Where do you put modules you make like this? I am trying to use PyCharm but I'm a bit lost with the interface and where things should go, esp if they are modules I want to call in scripts.
01-24-2023 08:01 AM
The 'os' module is part of the base Python install, it does a bunch of things, in this case I'm using it to get the value of runtime environment variables.
I'm running on Unix-like systems, so I pull in environment variables from the shell, PARA0 and PARA1. Of course you can choose your own names, there is nothing special about these names, they just need to match the names you use in the environment.
In the shell that runs the script, I set these two environment variable like this...
PARA0="the org ID value"
PARA1="the API key value"
...then the script can pull in the values by variable name.
If you are on windows, you can set environment variables with the same names and it should work just the same, the way you set them depends where you are running the scripts from, there are some examples here of using Windows variables with scripts with the 'os' module...
https://www.twilio.com/blog/environment-variables-python
In general, if you install modules using pip, I think they should go in the right place automatically, for instance...
pip install meraki
...or to update the version...
pip install --upgrade meraki
...but I don't use Python on Windows so maybe there are some other/better ways!
03-11-2024 06:16 PM
Hey sungod, this was very helpful, thank you! Did you build this script from scratch or did you use documentation to assist?
03-12-2024 05:35 AM
It's mostly from adapting from another script I wrote, the basics of set-up, iterating by something, error handling etc. are common across scripts, so whenever I do something new I tend to see which old script I have that is closest in structure to what I need and then adapt it, and I'm lazy 😀
This one is using async I/O as it is generally more efficient, but it does affect readability.

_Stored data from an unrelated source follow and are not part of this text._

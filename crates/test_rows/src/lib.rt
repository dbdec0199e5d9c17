//! Tables of tests for programs that print a line for each row.
//!
//! A table is a text file of groups, a group is a name, fields that all its rows share and rows, and a row is a name
//! and fields of its own:
//!
//! ```text
//! What stands before the first group is a remark.
//!
//! == words_and_signs
//! before: main {
//! behind =  " }"
//! -- 1
//! text: a < b
//! tokens: word < word
//! -- a line feed ends a comment
//! text: // x
//! text: a
//! tokens: word
//! -- bytes that are no text
//! text = "a \xFF\n"
//! tokens: bad byte at 2
//! ```
//!
//! - `KEY: VALUE` is a field whose value is the rest of the line, as it stands.
//! - `KEY = "VALUE"` is a field whose value is read with the escapes `\n`, `\r`, `\t`, `\0`, `\\`, `\"` and `\xHH`, a
//! byte.
//! - A key that stands on several lines means what these lines say with a line feed between them.
//! - A field that a row lacks is that of its group.
//! - Lines of another form mean nothing.
//!
//! A program hands `run` what a row expects and what it gives, both read of the row's fields. Its `args` names the
//! files of its `data/`, and its `stdout` has the line `GROUP NAME: as expected` for each row and a last line with the
//! count.
#![tactic(auto)]

mod error;
mod field;
mod files;
mod program;
mod report;
mod row;

pub use error::TableError;
pub use program::run;
pub use row::Row;
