ghost use Rattle.std.specs.Prelude.{◌≡◌, [], ◌++◌, IfOk, OnOk, flat_map, map};
ghost use Rattle.std.specs.List.{filter_map, list_all};
ghost use Rattle.jolie_ast.specs.declared.name.Name.{Name};
ghost use Rattle.jolie_ast.specs.declared.service.Alias.{Alias};
ghost use Rattle.jolie_ast.specs.declared.service.CorrelationVariable.{CorrelationVariable};
ghost use Rattle.behaviour_tree.specs.Distinct.{is_in};
ghost use Rattle.check_base.specs.Files.{set_in, sets_of, set_names};
ghost use Rattle.check_base.specs.Least.{joined};
ghost use Rattle.check_base.specs.Repeated.{first_names};
ghost use Rattle.check_ports.specs.SetRules.{alias_names, alias_texts, all_have, partly, partly_among, set_of_single, set_refused, set_texts, set_types, sets_refused, two_sets, types_in_sets, variable_refused, wrong_alias};

use crate::aliases::leads_to_value;
use check_base::{
    CheckName, Least, Mention, Names, Types, is_concurrent, repeated_refused, repeated_refused_as,
    set_in,
};
use jolie_ast::{Alias, Clause, CorrelationVariable, Name, Service};
use std::alloc::{AllocError, Global};

/// What is refused of the correlation sets of a service.
pub fn sets_refused(
    alloc: Global,
    types: &Types,
    service: &Service,
    least: &mut Least,
) -> Result<(), AllocError>
    ensures { OnOk result (least.new ≡ joined least.old (sets_refused types.now service.now)) }
{
    let clauses = service.clauses.as_slice();
    let names = variable_mentions(alloc, clauses)?;
    repeated_refused(alloc, names.as_slice(), least)?;
    each_set_refused(alloc, types, clauses, least)?;
    two_sets(alloc, clauses, least)?;
    sets_of_single(is_concurrent(service), clauses, least);
    Ok(())
}

// ---- variables

/// The variables of a service.
fn variable_mentions(alloc: Global, clauses: &[Clause]) -> Result<Vec<Mention<'_>>, AllocError>
    ensures { IfOk result (λ names. names.items ≡ flat_map set_names (filter_map set_in clauses.now)) }
{
    let mut mentions = Vec::new(alloc);
    for clause in clauses {
        if let Some(set) = set_in(clause) {
            mention_variables(set, &mut mentions)?;
        }
    }
    Ok(mentions)
}

fn mention_variables<'a>(
    set: &'a [CorrelationVariable],
    mentions: &mut Vec<Mention<'a>>,
) -> Result<(), AllocError>
    ensures { OnOk result (mentions.new.items ≡ mentions.old.items ++ set_names set.now) }
{
    for variable in set {
        mentions.push(Mention::name(&variable.name))?;
    }
    Ok(())
}

// ---- a set by itself

fn each_set_refused(
    alloc: Global,
    types: &Types,
    clauses: &[Clause],
    least: &mut Least,
) -> Result<(), AllocError>
    ensures { OnOk result (least.new ≡ joined least.old
        (flat_map (set_refused types.now) (filter_map set_in clauses.now))) }
{
    for clause in clauses {
        if let Some(set) = set_in(clause) {
            set_refused(alloc, types, set, least)?;
        }
    }
    Ok(())
}

/// What is refused of a set by itself.
#[tactic(auto, using(check_base::proofs::Joined::joined_append))]
fn set_refused(
    alloc: Global,
    types: &Types,
    set: &[CorrelationVariable],
    least: &mut Least,
) -> Result<(), AllocError>
    ensures { OnOk result (least.new ≡ joined least.old (set_refused types.now set.now)) }
{
    variables_refused(alloc, types, set, least)?;
    all_partly(alloc, set, least)
}

fn variables_refused(
    alloc: Global,
    types: &Types,
    set: &[CorrelationVariable],
    least: &mut Least,
) -> Result<(), AllocError>
    ensures { OnOk result (least.new ≡ joined least.old (flat_map (variable_refused types.now) set.now)) }
{
    for variable in set {
        variable_refused(alloc, types, variable, least)?;
    }
    Ok(())
}

/// Aliases that lead to no value, and types that a variable has two aliases of.
#[tactic(auto, using(check_base::proofs::Joined::joined_append))]
fn variable_refused(
    alloc: Global,
    types: &Types,
    variable: &CorrelationVariable,
    least: &mut Least,
) -> Result<(), AllocError>
    ensures { OnOk result (least.new ≡ joined least.old (variable_refused types.now variable.now)) }
{
    wrong_aliases(types, variable.aliases.as_slice(), least);
    let names = alias_mentions(alloc, variable)?;
    repeated_refused(alloc, names.as_slice(), least)
}

fn wrong_aliases(types: &Types, aliases: &[Alias], least: &mut Least)
    ensures { least.new ≡ joined least.old (flat_map (wrong_alias types.now) aliases.now) }
{
    for alias in aliases {
        wrong_alias(types, alias, least);
    }
}

/// An alias that leads to no value.
fn wrong_alias(types: &Types, alias: &Alias, least: &mut Least)
    ensures { least.new ≡ joined least.old (wrong_alias types.now alias.now) }
{
    let is_wrong = !leads_to_value(types, alias);
    least.offer_if(is_wrong, CheckName::UnknownType, alias.ty.at);
}

/// The types of the aliases of a variable.
fn alias_mentions(
    alloc: Global,
    variable: &CorrelationVariable,
) -> Result<Vec<Mention<'_>>, AllocError>
    ensures { IfOk result (λ names. names.items ≡ alias_names variable.now) }
{
    let mut names = Vec::new(alloc);
    for alias in variable.aliases.as_slice() {
        names.push(Mention::name(&alias.ty))?;
    }
    Ok(names)
}

/// Types that have aliases for some variables of a set only.
#[tactic(auto, using(crate::proofs::Sets::each_partly))]
fn all_partly(
    alloc: Global,
    set: &[CorrelationVariable],
    least: &mut Least,
) -> Result<(), AllocError>
    ensures { OnOk result (least.new ≡ joined least.old (flat_map (partly set.now) (set_types set.now))) }
{
    let tables = alias_tables(alloc, set)?;
    let types = set_types(alloc, set)?;
    each_partly(tables.as_slice(), types.as_slice(), least);
    Ok(())
}

fn each_partly(tables: &[Names], types: &[&Name], least: &mut Least)
    ensures { least.new ≡ joined least.old (flat_map (partly_among tables.now) (map (λ n. n.now) types.now)) }
{
    for ty in types {
        partly(tables, ty, least);
    }
}

/// A type that is not among the aliases of each variable.
fn partly(tables: &[Names], ty: &Name, least: &mut Least)
    ensures { least.new ≡ joined least.old (partly_among tables.now ty.now) }
{
    let is_partly = !all_have(ty.text.as_str(), tables);
    least.offer_if(is_partly, CheckName::Uncorrelated, ty.at);
}

/// Whether each variable has an alias of a type.
fn all_have(ty: &str, tables: &[Names]) -> bool
    ensures { result ≡ list_all (is_in ty.now) tables.now }
{
    tables.iter().all(|table| table.has(ty))
}

/// The types of the aliases of each variable.
fn alias_tables(alloc: Global, set: &[CorrelationVariable]) -> Result<Vec<Names<'_>>, AllocError>
    ensures { IfOk result (λ tables. tables.items ≡ map alias_texts set.now) }
{
    let mut tables = Vec::new(alloc);
    for variable in set {
        tables.push(alias_table(alloc, variable)?)?;
    }
    Ok(tables)
}

fn alias_table(alloc: Global, variable: &CorrelationVariable) -> Result<Names<'_>, AllocError>
    ensures { IfOk result (λ table. table ≡ alias_texts variable.now) }
{
    let mut table = Names::new(alloc);
    for alias in variable.aliases.as_slice() {
        table.add(alias.ty.text.as_str())?;
    }
    Ok(table)
}

// ---- the types of a set

/// The types that a set names, each at its first alias there.
fn set_types(alloc: Global, set: &[CorrelationVariable]) -> Result<Vec<&Name>, AllocError>
    ensures { IfOk result (λ types. map (λ n. n.now) types.items ≡ set_types set.now) }
{
    let names = all_alias_names(alloc, set)?;
    first_names(alloc, names.as_slice())
}

fn all_alias_names(alloc: Global, set: &[CorrelationVariable]) -> Result<Vec<&Name>, AllocError>
    ensures { IfOk result (λ names. map (λ n. n.now) names.items ≡ flat_map alias_names set.now) }
{
    let mut names = Vec::new(alloc);
    for variable in set {
        add_alias_names(variable, &mut names)?;
    }
    Ok(names)
}

fn add_alias_names<'a>(
    variable: &'a CorrelationVariable,
    names: &mut Vec<&'a Name>,
) -> Result<(), AllocError>
    ensures { OnOk result (map (λ n. n.now) names.new.items ≡ map (λ n. n.now) names.old.items
        ++ alias_names variable.now) }
{
    for alias in variable.aliases.as_slice() {
        names.push(&alias.ty)?;
    }
    Ok(())
}

/// Each name once, where it first stands.
fn first_names<'a>(alloc: Global, names: &[&'a Name]) -> Result<Vec<&'a Name>, AllocError>
    ensures { IfOk result (λ firsts. map (λ n. n.now) firsts.items ≡ first_names (map (λ n. n.now) names.now)) }
{
    let mut texts = Names::new(alloc);
    let mut firsts = Vec::new(alloc);
    for name in names {
        let is_known = texts.add(name.text.as_str())?;
        if !is_known {
            firsts.push(*name)?;
        }
    }
    Ok(firsts)
}

// ---- the sets of a service

/// The types that stand in a second set of the service.
fn two_sets(alloc: Global, clauses: &[Clause], least: &mut Least) -> Result<(), AllocError>
    ensures { OnOk result (least.new ≡ joined least.old (two_sets (filter_map set_in clauses.now))) }
{
    let types = types_of_sets(alloc, clauses)?;
    repeated_refused_as(alloc, CheckName::TwoSets, types.as_slice(), least)
}

/// The types of each set in order, each at its first alias there.
fn types_of_sets(alloc: Global, clauses: &[Clause]) -> Result<Vec<Mention<'_>>, AllocError>
    ensures { IfOk result (λ types. types.items ≡ flat_map set_types (filter_map set_in clauses.now)) }
{
    let mut types = Vec::new(alloc);
    for clause in clauses {
        if let Some(set) = set_in(clause) {
            mention_types(alloc, set, &mut types)?;
        }
    }
    Ok(types)
}

fn mention_types<'a>(
    alloc: Global,
    set: &'a [CorrelationVariable],
    mentions: &mut Vec<Mention<'a>>,
) -> Result<(), AllocError>
    ensures { OnOk result (mentions.new.items ≡ mentions.old.items ++ set_types set.now) }
{
    let types = set_types(alloc, set)?;
    mention_names(types.as_slice(), mentions)
}

fn mention_names<'a>(names: &[&'a Name], mentions: &mut Vec<Mention<'a>>) -> Result<(), AllocError>
    ensures { OnOk result (mentions.new.items ≡ mentions.old.items ++ map (λ n. n.now) names.now) }
{
    for name in names {
        mentions.push(Mention::name(*name))?;
    }
    Ok(())
}

/// Adds the texts of names after the others.
fn add_texts<'a>(names: &[&'a Name], texts: &mut Names<'a>) -> Result<(), AllocError>
    ensures { OnOk result (texts.new ≡ texts.old ++ map (λ (n : Name). n.text) (map (λ n. n.now) names.now)) }
{
    for name in names {
        texts.add(name.text.as_str())?;
    }
    Ok(())
}

/// The types of the sets of a service.
pub fn types_in_sets(alloc: Global, service: &Service) -> Result<Names<'_>, AllocError>
    ensures { IfOk result (λ names. names ≡ types_in_sets (sets_of service.now)) }
{
    let mut names = Names::new(alloc);
    for clause in service.clauses.as_slice() {
        if let Some(set) = set_in(clause) {
            add_set_types(alloc, set, &mut names)?;
        }
    }
    Ok(names)
}

fn add_set_types<'a>(
    alloc: Global,
    set: &'a [CorrelationVariable],
    names: &mut Names<'a>,
) -> Result<(), AllocError>
    ensures { OnOk result (names.new ≡ names.old ++ set_texts set.now) }
{
    let types = set_types(alloc, set)?;
    add_texts(types.as_slice(), names)
}

/// Sets of a service whose sessions run one alone.
fn sets_of_single(is_concurrent: bool, clauses: &[Clause], least: &mut Least)
    ensures { least.new ≡ joined least.old (flat_map (set_of_single is_concurrent) clauses.now) }
{
    for clause in clauses {
        set_of_single(is_concurrent, clause, least);
    }
}

fn set_of_single(is_concurrent: bool, clause: &Clause, least: &mut Least)
    ensures { least.new ≡ joined least.old (set_of_single is_concurrent clause.now) }
{
    if let Clause::CorrelationSet { at, .. } = clause {
        least.offer_if(!is_concurrent, CheckName::WrongKind, *at);
    }
}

If you look on the github site, there are a few examples you can use as starting points to experiment...
https://github.com/meraki/dashboard-api-python/tree/main/examples
03-12-2024 07:33 AM
I apreciate you sharing that. Thanks again!
03-12-2024 07:45 AM
PS- I used ChatGPT. I too start of my base script of calling up all my networks, and go from there.
03-12-2024 06:49 AM
I have just a bit of code here: jadexing/Merakicode: Code for Meraki Wi-Fi (github.com)
All mine is Wi-Fi based.
I open Powershell, go to the script directory and execute.